→ **WHAT YOU NEED TO DO**: Find the word "AUDSYS" in the data. Return every line where it appears.

*** Opening ENTRIES PROVIDED ***

//! What is one and the same.
ghost use Rattle.std.specs.Prelude.{◌≡◌, ◌↔◌, IsTrue};
ghost use Rattle.au_base.specs.declared.action.Action.{Action};
ghost use Rattle.au_base.specs.declared.privilege.Privilege.{Privilege};
ghost use Rattle.au_base.specs.declared.table.TableName.{TableName};
ghost use Rattle.au_base.specs.Sameness.{same_action, same_privilege, same_table};

use crate::{Action, Privilege, TableName};

/// Whether both are one table's name.
pub fn is_same_table(a: &TableName, b: &TableName) -> bool
    ensures { result ≡ same_table a.now b.now }
{
    a.owner == b.owner && a.name == b.name
}

/// Whether both are one privilege.
pub fn is_same_privilege(a: Privilege, b: Privilege) -> bool
    ensures { result ≡ same_privilege a b }
{
    a.code() == b.code()
}

/// Whether both are one action.
pub fn is_same_action(a: Action, b: Action) -> bool
    ensures { result ≡ same_action a b }
{
    a.code() == b.code()
}

/// Tables, privileges and actions are the same exactly where they are equal. It does nothing, and
/// states the law for its callers.
pub fn same_is_equal()
    ensures table { (a b : TableName) → IsTrue (same_table a b) ↔ (a ≡ b) }
    ensures privilege { (a b : Privilege) → IsTrue (same_privilege a b) ↔ (a ≡ b) }
    ensures action { (a b : Action) → IsTrue (same_action a b) ↔ (a ≡ b) }
{}
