//! Values that stand in an order.
ghost use Rattle.std.specs.Prelude.{◌≡◌, ◌≢◌, ◌≤◌, ◌<◌, ◌↔◌, ◌⊎◌, Bool, List, IsTrue, length, take, drop, not, vec_capacity, vec_len};
ghost use Rattle.std.specs.List.{AllPairs, Contains, filter};
ghost use Rattle.au_base.specs.Order.{IsIrreflexive, IsNewAmong, IsTransitive, is_in_order, name_before, placed};
ghost use Rattle.au_base.specs.OrderLaws.{names_irreflexive, names_transitive};

use crate::Name;

/// What stands in an order: of two values one comes before the other, or neither does.
pub trait InOrder {
    ghost before: { Self → Self → Bool };

    /// Whether it comes before the other.
    fn comes_before(&self, other: &Self) -> bool
        ensures { result ≡ before self.now other.now };

    ghost transitive: { IsTransitive before };

    ghost irreflexive: { IsIrreflexive before };
}

/// Names stand in the order of their bytes.
impl InOrder for Name {
    ghost before = { name_before };

    ghost transitive = { names_transitive };

    ghost irreflexive = { names_irreflexive };

    fn comes_before(&self, other: &Self) -> bool {
        self < other
    }
}

/// How many elements come before the value: the place, from 0, at which it stands among them. The
/// elements stand in order, and are halved until the place is found.
pub fn place_in_order<T: InOrder>(elements: &[T], value: &T) -> usize
    requires { IsTrue (is_in_order T.before elements.now) }
    ensures count { result ≡ length (filter (λ other. T.before other value.now) elements.now) }
    ensures bound { result ≤ length elements.now }
    ensures front { take result elements.now ≡ filter (λ other. T.before other value.now) elements.now }
    ensures rest { drop result elements.now ≡ filter (λ other. not (T.before other value.now)) elements.now }
{
    elements.partition_point(|element| element.comes_before(value))
}

/// Places the value among elements that stand in order. The vector has room for it, and the call
/// takes no memory.
pub fn insert_reserved<T: InOrder + Drop>(elements: &mut Vec<T>, value: T)
    requires order { IsTrue (is_in_order T.before elements.old.items) }
    requires room { vec_len elements.old < vec_capacity elements.old }
    ensures items { elements.new.items ≡ placed T.before value elements.old.items }
    ensures capacity { vec_capacity elements.new ≡ vec_capacity elements.old }
{
    let place = place_in_order(elements.as_slice(), &value);
    let inserted = elements.insert(place, value);
    drop(inserted);
}

/// Elements in order stand in order with a new one. It does nothing, and states the law for its
/// callers.
pub fn placed_stands_in_order<T: InOrder>()
    ensures { (value : T) (elements : List T) → IsTrue (is_in_order T.before elements) → IsNewAmong T.before value elements → IsTrue (is_in_order T.before (placed T.before value elements)) }
{}

/// What stands among elements with a new one is the new one or one of the elements. It does
/// nothing, and states the law for its callers.
pub fn placed_has_both<T: InOrder>()
    ensures { (value : T) (elements : List T) (other : T) → Contains (placed T.before value elements) other ↔ ((value ≡ other) ⊎ Contains elements other) }
{}

/// No element of a list in order stands there twice. It does nothing, and states the law for its
/// callers.
pub fn nothing_in_order_stands_twice<T: InOrder>()
    ensures { (elements : List T) → IsTrue (is_in_order T.before elements) → AllPairs (λ a b. a ≢ b) elements }
{}
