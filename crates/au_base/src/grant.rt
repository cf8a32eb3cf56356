//! The statements GRANT and REVOKE.

use crate::{List, Name, Privilege, TableReference};

/// What GRANT and REVOKE name without ON.
#[derive(Debug, Drop, PartialEq, Eq)]
pub enum Right {
    Privilege(Privilege),
    Role(Name),
}

/// What GRANT and REVOKE name with ON.
#[derive(Clone, Copy, Debug, PartialEq, Eq)]
pub enum ObjectRight {
    Select,
    Insert,
    Update,
    Delete,
    /// The four others together.
    All,
}

/// A statement GRANT or REVOKE (SQL Language Reference, "GRANT" and "REVOKE").
#[derive(Debug, Drop, PartialEq, Eq)]
pub enum GrantStatement {
    /// `GRANT right {, right} TO name {, name} [WITH ADMIN OPTION]`
    Grant {
        rights: List<Right>,
        grantees: List<Name>,
        with_admin_option: bool,
    },
    /// `REVOKE right {, right} FROM name {, name}`
    Revoke {
        rights: List<Right>,
        grantees: List<Name>,
    },
    /// `GRANT right {, right} ON table TO name {, name}`
    GrantObject {
        rights: List<ObjectRight>,
        table: TableReference,
        grantees: List<Name>,
    },
    /// `REVOKE right {, right} ON table FROM name {, name}`
    RevokeObject {
        rights: List<ObjectRight>,
        table: TableReference,
        grantees: List<Name>,
    },
}
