//! Tables and columns.
ghost use Rattle.std.specs.Prelude.{◌≡◌, IfOk, IsTrue, ◌↔◌};
ghost use Rattle.au_base.specs.BuiltIn.{dual, owner_of, resolved_table, trail};

use crate::built_in::{AUDSYS, DUAL, SYS, UNIFIED_AUDIT_TRAIL};
use crate::{Memory, Name};
use std::alloc::{AllocError, Global};

/// A table's owner and name.
#[derive(Debug, Drop, PartialEq, Eq, PartialOrd, Ord, Hash)]
pub struct TableName {
    pub owner: Name,
    pub name: Name,
}

impl Clone for TableName {
    ghost is_clone = { λ table copy. copy ≡ table };

    fn clone(&self) -> Result<Self, AllocError> {
        Ok(TableName {
            owner: self.owner.clone()?,
            name: self.name.clone()?,
        })
    }
}

impl TableName {
    /// Whether it is SYS.DUAL.
    pub fn is_dual(&self) -> bool
        ensures { IsTrue result ↔ (self.now ≡ dual) }
    {
        self.is(SYS, DUAL)
    }

    /// Whether it is AUDSYS.UNIFIED_AUDIT_TRAIL.
    pub fn is_trail(&self) -> bool
        ensures { IsTrue result ↔ (self.now ≡ trail) }
    {
        self.is(AUDSYS, UNIFIED_AUDIT_TRAIL)
    }

    fn is(&self, owner: &str, name: &str) -> bool
        ensures { IsTrue result ↔ (self.now ≡ record { owner = owner.now; name = name.now }) }
    {
        self.owner.as_str() == owner && self.name.as_str() == name
    }
}

/// A table as a statement names it, with its owner or without.
#[derive(Debug, Drop, PartialEq, Eq)]
pub struct TableReference {
    pub owner: Option<Name>,
    pub name: Name,
}

impl TableReference {
    /// The table that a user means: unqualified DUAL and UNIFIED_AUDIT_TRAIL are the built-in
    /// tables, and any other unqualified name is a table of the user's own schema.
    pub fn resolved(&self, alloc: Global, user: &Name) -> Result<TableName, Memory>
        ensures { IfOk result (λ table. table ≡ resolved_table user.now self.now) }
    {
        let owner = match &self.owner {
            Some(owner) => owner.clone()?,
            None => implied_owner(alloc, user, &self.name)?,
        };
        Ok(TableName {
            owner,
            name: self.name.clone()?,
        })
    }
}

fn implied_owner(alloc: Global, user: &Name, table: &Name) -> Result<Name, Memory>
    ensures { IfOk result (λ owner. owner ≡ owner_of user.now table.now) }
{
    if table.as_str() == DUAL {
        return Name::from_str(alloc, SYS);
    }
    if table.as_str() == UNIFIED_AUDIT_TRAIL {
        return Name::from_str(alloc, AUDSYS);
    }
    Ok(user.clone()?)
}

/// The type of a column (SQL Language Reference, "Oracle Built-in Data Types").
#[derive(Clone, Copy, Debug, PartialEq, Eq)]
pub enum ColumnKind {
    /// NUMBER, whole numbers.
    Number,
    /// VARCHAR2, in bytes.
    Text,
    /// TIMESTAMP(6).
    Moment,
}

/// A column of a table.
#[derive(Debug, Drop, PartialEq, Eq)]
pub struct Column {
    pub name: Name,
    pub kind: ColumnKind,
    /// The digits of a number, 1 to 18; the bytes of a text, 1 to 4000; 6 for a moment.
    pub size: u16,
    pub not_null: bool,
}

impl Clone for Column {
    ghost is_clone = { λ column copy. copy ≡ column };

    fn clone(&self) -> Result<Self, AllocError> {
        Ok(Column {
            name: self.name.clone()?,
            kind: self.kind,
            size: self.size,
            not_null: self.not_null,
        })
    }
}
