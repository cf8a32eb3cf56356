//! Names.
ghost use Rattle.std.specs.Prelude.{◌≡◌, ◌≤◌, ◌<◌, IsUtf8, IfOk, List, ℕ, length};
ghost use Rattle.std.specs.Ordering.{is_lt};
ghost use Rattle.au_base.specs.Found.{MakesExactly};
ghost use Rattle.au_base.specs.Naming.{IsName, IsNameLong, identifier_of};
ghost use Rattle.au_base.specs.Order.{name_before};

use crate::limits::NAME_BYTES;
use crate::{Memory, Text};
use std::alloc::{AllocError, Global};
use std::marker::Model;

/// The name of a user, a role, a table, a column or a policy: 1 to 128 bytes of UTF-8. Contracts
/// see the list of its bytes, by which names are compared.
#[derive(Debug, Drop, PartialEq, Eq, PartialOrd, Ord, Hash)]
pub struct Name {
    text: Text,
}

impl Model for Name {
    ghost use Rattle.std.specs.Prelude.{List, ℕ};
    ghost use Rattle.au_base.specs.Naming.{IsNameLong};

    ghost Value = { List ℕ };

    ghost view = { λ n. n.text };

    ghost invariant = { λ n. IsNameLong n.text };

    ghost inverse = { λ bytes. record { text = bytes } };
}

impl Name {
    /// The name with these bytes. `None` where they are no name.
    pub fn make(alloc: Global, bytes: &[u8]) -> Result<Option<Name>, Memory>
        ensures { IfOk result (MakesExactly (IsName bytes.now) bytes.now) }
    {
        if bytes.is_empty() || bytes.len() > NAME_BYTES {
            return Ok(None);
        }
        match Text::make(alloc, bytes)? {
            Some(text) => Ok(Some(Name { text })),
            None => Ok(None),
        }
    }

    /// This text as a name. `None` where it is empty or has over 128 bytes. It takes no memory.
    pub fn from_text(text: Text) -> Option<Name>
        ensures { MakesExactly (IsName text) text result }
    {
        let len = text.as_bytes().len();
        if len == 0 || len > NAME_BYTES {
            return None;
        }
        Some(Name { text })
    }

    /// The name with the bytes of this `str`.
    pub fn from_str(alloc: Global, name: &str) -> Result<Name, Memory>
        requires { IsNameLong name.now }
        ensures { IfOk result (λ made. made ≡ name.now) }
    {
        Ok(Name {
            text: Text::from_str(alloc, name)?,
        })
    }

    /// The name that a user's name or a literal is read as: what stands between two `"`, or else
    /// the text with its letters of ASCII in upper case. `None` where that is no name.
    pub fn identifier(alloc: Global, text: &Text) -> Result<Option<Name>, Memory>
        ensures { IfOk result (MakesExactly (IsName (identifier_of text.now)) (identifier_of text.now)) }
    {
        match text.as_bytes() {
            [b'"', inner @ .., b'"'] => Name::make(alloc, inner),
            _ => {
                let mut upper = text.clone()?;
                upper.make_ascii_uppercase();
                Ok(Name::from_text(upper))
            }
        }
    }

    /// The name as a text. It takes no memory.
    pub fn into_text(self) -> Text
        ensures { result ≡ self }
    {
        let Name { text } = self;
        text
    }

    /// Its bytes, 1 to 128.
    pub fn as_bytes(&self) -> &[u8]
        ensures value { result.now ≡ self.now }
        ensures name { IsName self.now }
    {
        self.text.as_bytes()
    }

    /// The name as a text.
    pub fn as_text(&self) -> &Text
        ensures { result.now ≡ self.now }
    {
        &self.text
    }

    /// The name as a `str`.
    pub fn as_str(&self) -> &str
        ensures { result.now ≡ self.now }
    {
        self.text.as_str()
    }
}

impl Clone for Name {
    ghost is_clone = { λ name copy. copy ≡ name };

    fn clone(&self) -> Result<Self, AllocError> {
        Ok(Name {
            text: self.text.clone()?,
        })
    }
}

/// Names compare by their bytes. It does nothing, and states the law for its callers.
pub fn names_compare_by_bytes()
    ensures { (a b : List ℕ) → is_lt (⟦<Name as Ord>⟧.cmp a b) ≡ name_before a b }
{}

*** Closing ENTRIES PROVIDED ***

→ **REPLY TO THE TASK**:
use crate::built_in::{AUDSYS, DUAL, SYS, UNIFIED_AUDIT_TRAIL};
    /// Whether it is AUDSYS.UNIFIED_AUDIT_TRAIL.
        self.is(AUDSYS, UNIFIED_AUDIT_TRAIL)
        return Name::from_str(alloc, AUDSYS);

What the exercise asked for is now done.